Actually the debate was about people who don't identify as gay who have gay sex. Bit too nuanced for him.
 
I mean, if it's a spectrum then it's entirely feasible for circumstances to dictate how someone identifies.

I'm sure there are innumerable examples of people who identified as heterosexual throughout history and just never fully realised their homosexual feelings for what they were, so it's conceivable that it can work the other way and circumstance can lead to self identification as a gay person.
 
Interested in @Rachey's take seeing as her "circumstances" are surely that she happened to meet a woman that she fancied and then fell in love with.

Also this sounds horribly facile but you wouldn't blame the odd woman for choosing to date other women because straight men are so awful.
 
I remember watching something about the way someone's sexual interests can be influenced or put on a new path in early adolescence. What I'd seen was more to do with fetishes I suppose, an anecdote about a guy on a school bus whose bully grabbed him by the balls and squeezed them.

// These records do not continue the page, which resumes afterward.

// The operations that ask for parts of a response.
use crate::say;
use read_response::Unread;
use show::Entry;
use std::io;
use walk_rules::Stepped;

// Why a response is refused.
fn say_why(rt: &impl Print, s: &[u8]) -> io::Result<()> {
    let why = read_response::refuse(s);
    say::say_refusal(rt, why.number, why.status)
}

// The signed part: where it starts, and the size of the part that is shown.
pub(crate) fn say_signed(rt: &impl Print, s: &[u8]) -> io::Result<()> {
    match read_response::judge(s) {
        Ok(parts) => say::say_part(rt, parts.signed.start, show::signed_part(s).len()),
        Err(_) => say_why(rt, s),
    }
}

// The signature, likewise.
pub(crate) fn say_signature(rt: &impl Print, s: &[u8]) -> io::Result<()> {
    match read_response::judge(s) {
        Ok(parts) => say::say_part(rt, parts.signature.start, show::signature(s).len()),
        Err(_) => say_why(rt, s),
    }
}

// The responder id: where it starts and its size. Where a response does not fit, the place that is wrong
// stands behind the 3.
pub(crate) fn say_responder(rt: &impl Print, s: &[u8]) -> io::Result<()> {
    match read_response::judge(s) {
        Ok(parts) => say::say_part(rt, parts.responder.start, parts.responder.len),
        Err(Unread::Unfit(misfit)) => say::say_misfit(rt, misfit.place),
        Err(Unread::TooLong | Unread::Failed(_) | Unread::OtherType) => say_why(rt, s),
    }
}

// A walk over the entries of a response, from its start: so many steps, and then the step that is told.
// There are at most 64 entries, and the end stays, so after 64 steps every step is the same.
fn step_after(response: &[u8], count: usize) -> Stepped {
    let mut place = 0;
    for _ in 0..count.min(64) {
        place = walk::step_from(response, place).place;
    }
    walk::step_from(response, place)
}

// One step of the walk from a place: the first eight octets of the body, then the response. The walk goes
// there from its start, and the size that is said is that of the part which was handed out.
pub(crate) fn say_step(rt: &impl Print, body: &[u8]) -> io::Result<()> {
    let Some((place, response)) = body.split_at_checked(8) else {
        return say::say(rt, b"short\n");
    };
    let step = step_after(response, fields::value_at(place, 0, 8) as usize);
    match step.says {
        Entry::At { start, .. } => say::say_part(rt, start, step.size),
        Entry::End => say::say(rt, b"end\n"),
        Entry::Refused { number, status, .. } => say::say_refusal(rt, number, status),
    }
}
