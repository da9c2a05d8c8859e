// Filing a slip in the room's cache (document 02, C-11).
//
// No public function has a requirement: what can not be filed is refused, each refusal has its number, and the
// buffer is as it was.
#![tactic(auto)]

ghost use Rattle.std.specs.Prelude.{◌≡◌, true, ◌*◌, ◌≤◌, ◌<◌, length, Ok};
ghost use Rattle.octets.specs.Buffer.{put_in};
ghost use Rattle.freshness.specs.Clock.{clock_ok};
ghost use Rattle.cache_room.specs.Room.{count};
ghost use Rattle.cache_rules.specs.Place.{card_at, is_said, place_of, says_of};
ghost use Rattle.cache_rules.specs.Cache.{is_cache, filed_of, buffer_of};
ghost use Rattle.cache_rules.specs.Numbers.{unfiled_number};
ghost use Rattle.cache_places.specs.Evenly.{evenly};
ghost use Rattle.cache_file.specs.Put.{held_filed, buffer_held, new_filed, new_in};

use cache_rules::{Filed, Unfiled};
use freshness::Clock;

// Puts a slip into a place, with zeros after it, and counts the filled places.
#[tactic(auto, using(crate::proofs::Cases::place_written, crate::proofs::Cases::put_count))]
fn put_at(s: &mut [u8], i: usize, slip: &[u8]) -> usize
    requires s_len { length s.old ≡ 5568 }
    requires i_bound { i < 64 }
    requires slip_len_bound { length slip.now ≤ 87 }
    ensures value { result ≡ count card_at (evenly (put_in s.old (87 * i) (place_of slip.now))) }
    ensures s_after { s.new ≡ put_in s.old (87 * i) (place_of slip.now) }
{
    let mut place = [0u8; cache_rules::WIDTH];
    octets::put(&mut place, 0, slip);
    octets::put(s, cache_rules::WIDTH * i, &place);
    cache_places::count(s)
}

// Files a slip for a card that has this place, which stays as it is where its slip is later: how many
// places are then filled.
#[tactic(auto, using(crate::proofs::Cases::held_cases))]
fn put_held(s: &mut [u8], i: usize, slip: &[u8]) -> usize
    requires s_len { length s.old ≡ 5568 }
    requires i_bound { i < 64 }
    requires slip_len_bound { length slip.now ≤ 87 }
    ensures value { Ok result ≡ held_filed s.old i slip.now }
    ensures s_after { s.new ≡ buffer_held s.old i slip.now }
{
    let held = cache_places::place_at(s, i);
    let this = cache_place::this_at(held);
    if cache_place::this_at(slip) < this {
        return cache_places::count(s);
    }
    put_at(s, i, slip)
}

// Files a slip for a card that has no place: in the first that may be taken, or 20 where there is none.
#[tactic(auto, using(crate::proofs::Cases::new_cases))]
fn put_new(s: &mut [u8], slip: &[u8], clock: Clock) -> Filed
    requires s_len { length s.old ≡ 5568 }
    requires slip_len_bound { length slip.now ≤ 87 }
    ensures value { result ≡ new_filed clock s.old slip.now }
    ensures s_after { s.new ≡ new_in clock s.old slip.now }
{
    let i = cache_places::free_at(s, clock);
    if cache_rules::PLACES <= i {
        return Err(Unfiled::Full);
    }
    Ok(put_at(s, i, slip))
}

// Files a slip that may be filed in a cache.
#[tactic(auto, using(crate::proofs::Cases::slip_cases))]
fn put_slip(s: &mut [u8], slip: &[u8], clock: Clock) -> Filed
    requires s_value { is_cache s.old ≡ true }
    requires clock_value { clock_ok clock ≡ true }
    requires slip_value { is_said (says_of slip.now) ≡ true }
    requires s_len { length s.old ≡ 5568 }
    requires slip_len_bound { length slip.now ≤ 87 }
    ensures value { result ≡ filed_of clock s.old slip.now }
    ensures s_after { s.new ≡ buffer_of clock s.old slip.now }
{
    let card = cache_place::card_at(slip);
    let i = cache_places::held_at(s, card);
    if i < cache_rules::PLACES {
        return Ok(put_held(s, i, slip));
    }
    put_new(s, slip, clock)
}

// Files a slip: how many places are then filled. 19 where the buffer is no cache; 1 where the time or
// the tolerance is out of range; 17 where the octets are no slip of kind 01 to 03; 20 where its card has
// no place and none is empty or stale.
#[tactic(auto, using(crate::proofs::Cases::file_cases))]
pub fn file(s: &mut [u8], slip: &[u8], clock: Clock) -> Filed
    ensures value { result ≡ filed_of clock s.old slip.now }
    ensures s_after { s.new ≡ buffer_of clock s.old slip.now }
{
    if !cache_places::room_fits(s) {
        return Err(Unfiled::NoCache);
    }
    if !freshness::clock_fits(clock) {
        return Err(Unfiled::Clock);
    }
    if !cache_place::slip_fits(slip) {
        return Err(Unfiled::Slip);
    }
    put_slip(s, slip, clock)
}

// The number of a refusal.
pub fn number_of(unfiled: Unfiled) -> u8
    ensures { result ≡ unfiled_number unfiled }
{
    match unfiled {
        Unfiled::NoCache => 19,
        Unfiled::Clock => 1,
        Unfiled::Slip => 17,
        Unfiled::Full => 20,
    }
}
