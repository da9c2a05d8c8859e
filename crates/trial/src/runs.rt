// The operation on a cache: a run of filings and asks over one cache. A step is its kind (1 file, 2 ask),
// now 8, tolerance 8, a size and so many octets: a slip, or a card.
ghost use Rattle.std.specs.Prelude.{◌≤◌, ◌<◌, IfSome, length};

use crate::{papers, say};
use answer::{Card, Verdict};
use cache_rules::Filed;
use freshness::Clock;
use std::io;

fn say_number(rt: &impl Print, number: u64) -> io::Result<()> {
    say::say(rt, b"r")?;
    say::say_number(rt, number)?;
    say::say(rt, b" ")
}

fn say_filed(rt: &impl Print, filed: Filed) -> io::Result<()> {
    match filed {
        Ok(n) => {
            say::say(rt, b"c")?;
            say::say_octets(rt, n as u64, 1)?;
            say::say(rt, b" ")
        }
        Err(unfiled) => say_number(rt, cache_file::number_of(unfiled) as u64),
    }
}

// What a slip said, or a refusal.
fn say_verdict(rt: &impl Print, card: Card, verdict: Verdict) -> io::Result<()> {
    match verdict {
        Verdict::Refused { number, .. } => say_number(rt, number as u64),
        Verdict::Good { .. } | Verdict::Revoked { .. } | Verdict::Unknown { .. } => {
            say::say(rt, b"s")?;
            papers::say_said(rt, card, verdict)?;
            say::say(rt, b" ")
        }
    }
}

fn say_asked(rt: &impl Print, card: Card, asked: Option<Verdict>) -> io::Result<()> {
    match asked {
        Some(verdict) => say_verdict(rt, card, verdict),
        None => say::say(rt, b"n "),
    }
}

// Where the step at a place ends, where it is whole.
fn step_end(steps: &[u8], at: usize) -> Option<usize>
    ensures { IfSome result (λ end. (at < end) × (end ≤ length steps.now)) }
{
    let step = steps.get(at..)?;
    let size = fields::value_at(step, 17, 1) as usize;
    if step.len() < 18 || step.len() - 18 < size {
        return None;
    }
    Some(at + 18 + size)
}

fn clock_in(s: &[u8]) -> Clock {
    let now = fields::value_at(s, 1, 8);
    let tolerance = fields::value_at(s, 9, 8);
    Clock { now, tolerance }
}

fn file_step(rt: &impl Print, cache: &mut [u8], s: &[u8]) -> io::Result<()> {
    if let Some(slip) = s.get(18..) {
        say_filed(rt, cache_file::file(cache, slip, clock_in(s)))?;
    }
    Ok(())
}

fn ask_step(rt: &impl Print, cache: &[u8], s: &[u8]) -> io::Result<()> {
    if let Some(card) = s.get(18..) {
        let told = cache_ask::ask(cache, fields::card_in(card), clock_in(s));
        say_asked(rt, told.card, told.asked)?;
    }
    Ok(())
}

// Does the step that s is, and says its result; whether it was one.
fn do_step(rt: &impl Print, cache: &mut [u8], s: &[u8]) -> io::Result<bool> {
    match s {
        [1, ..] => file_step(rt, cache, s)?,
        [2, ..] if s.len() == 79 => ask_step(rt, cache, s)?,
        _ => return Ok(false),
    }
    Ok(true)
}

// Does the steps one after the other, as far as they are whole.
fn do_steps(rt: &impl Print, cache: &mut [u8], steps: &[u8]) -> io::Result<()> {
    let mut at = 0;
    while let Some(end) = step_end(steps, at) {
        if !do_step(rt, cache, &steps[at..end])? {
            break;
        }
        at = end;
    }
    Ok(())
}

// Does a run over a cache, and says what it holds then.
fn run_in(rt: &impl Print, cache: &mut [u8], steps: &[u8]) -> io::Result<()> {
    do_steps(rt, cache, steps)?;
    say::say_hex(rt, cache)?;
    say::say(rt, b"\n")
}

// The same over a copy of the cache, in a space that is lent.
fn run_on(rt: &impl Print, space: &mut [u8], cache: &[u8], steps: &[u8]) -> io::Result<()> {
    if space.len() < cache.len() {
        return Ok(());
    }
    let held = &mut space[..cache.len()];
    held.copy_from_slice(cache);
    run_in(rt, held, steps)
}

// Does the run over the cache that a body begins with.
pub(crate) fn say_run(rt: &impl Print, body: &[u8]) -> io::Result<()> {
    if body.len() < 4 {
        return say::say(rt, b"-\n");
    }
    let size = fields::value_at(body, 0, 4) as usize;
    if body.len() - 4 < size {
        return say::say(rt, b"-\n");
    }
    let end = 4 + size;
    let mut space = [0u8; 131072];
    run_on(rt, &mut space, &body[4..end], &body[end..])
}
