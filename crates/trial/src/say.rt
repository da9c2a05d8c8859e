// What is written: text, numbers, octets in hex.
use std::io;

pub(crate) fn say(rt: &impl Print, text: &[u8]) -> io::Result<()> {
    rt.write_all(text)
}

pub(crate) fn say_number(rt: &impl Print, n: u64) -> io::Result<()> {
    print!(rt; "{n}")
}

// A number on a line of its own.
pub(crate) fn say_line(rt: &impl Print, n: u64) -> io::Result<()> {
    println!(rt; "{n}")
}

// A number as so many octets in hex, at most eight.
pub(crate) fn say_octets(rt: &impl Print, n: u64, width: usize) -> io::Result<()> {
    if width > 8 {
        return Ok(());
    }
    let digits = width * 2;
    print!(rt; "{n:0digits$x}")
}

// Octets in hex.
pub(crate) fn say_hex(rt: &impl Print, s: &[u8]) -> io::Result<()> {
    for x in s {
        say_octets(rt, *x as u64, 1)?;
    }
    Ok(())
}

// A refusal: its number and its status.
pub(crate) fn say_refusal(rt: &impl Print, number: u8, status: u8) -> io::Result<()> {
    println!(rt; "{number} {status}")
}

// A misfit: 3, and its place.
pub(crate) fn say_misfit(rt: &impl Print, place: usize) -> io::Result<()> {
    println!(rt; "3 {place}")
}

// A part: 0, where it starts, and how many octets it has.
pub(crate) fn say_part(rt: &impl Print, start: usize, len: usize) -> io::Result<()> {
    println!(rt; "0 {start} {len}")
}

// What a writer answers: the octets that it wrote in hex, or r and the refusal's number.
pub(crate) fn say_output(rt: &impl Print, out: &[u8], output: fields::Output) -> io::Result<()> {
    match output {
        fields::Output::Octets(n) => {
            if n <= out.len() {
                say_hex(rt, &out[..n])?;
                say(rt, b"\n")?;
            }
            Ok(())
        }
        fields::Output::Refused(number) => println!(rt; "r{number}"),
    }
}
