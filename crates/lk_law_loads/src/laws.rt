//! What a loader refuses, as the contract of a function that does nothing.

ghost use Rattle.lk_law_loads.specs.TakenImages.{HeadersAreTaken, LinkIsTaken, PlacesAreTaken, WholeLinkIsTaken};

/// A loader takes every image that is laid out at a lawful placement within the limits, static or dynamic (gABI
/// "Program Loading", "Dynamic Section"): its headers pass the checks, and what DYNAMIC names is loaded. So it
/// takes the image of every command whose inputs have no fault, in both forms of the tail, and puts the linked
/// bytes of every piece at its address, with the rights of its segment.
pub fn images_are_taken()
    ensures headers { HeadersAreTaken }
    ensures places { PlacesAreTaken }
    ensures link { LinkIsTaken }
    ensures whole_link { WholeLinkIsTaken }
{}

This led to a life-long obsession with having his testicles crushed. Also the idea that being frightened by a popping balloon at a certain point in one's development could lead to a balloon fetish in later life, etc.

Personally, I have always wondered about the fact that when it came to guys I was attracted to, I felt like I actually more wanted to be like them, or be them. With this kind of intense admiration combined with low self-esteem about my appearance and some pretty traumatic bullying, I used to think that perhaps my own development had been skewed a bit.

Then I realised it wouldn't really explain the Mariah thing/every single other interest I have and I was just trying to make my life more interesting :D

Also I diversified in terms of the guys I was into since then, as my recent hot fling with a 22yo Slovak twink would indicate. My main type is still myself but hotter though.
 
Interested in @Rachey's take seeing as her "circumstances" are surely that she happened to meet a woman that she fancied and then fell in love with.

Also this sounds horribly facile but you wouldn't blame the odd woman for choosing to date other women because straight men are so awful.
It's also something that crops up in literature/fiction a lot more often. Women getting to a point in their life when their circumstances change and they're able to drop it all and get together with another woman, even if they were never aware of the desire before.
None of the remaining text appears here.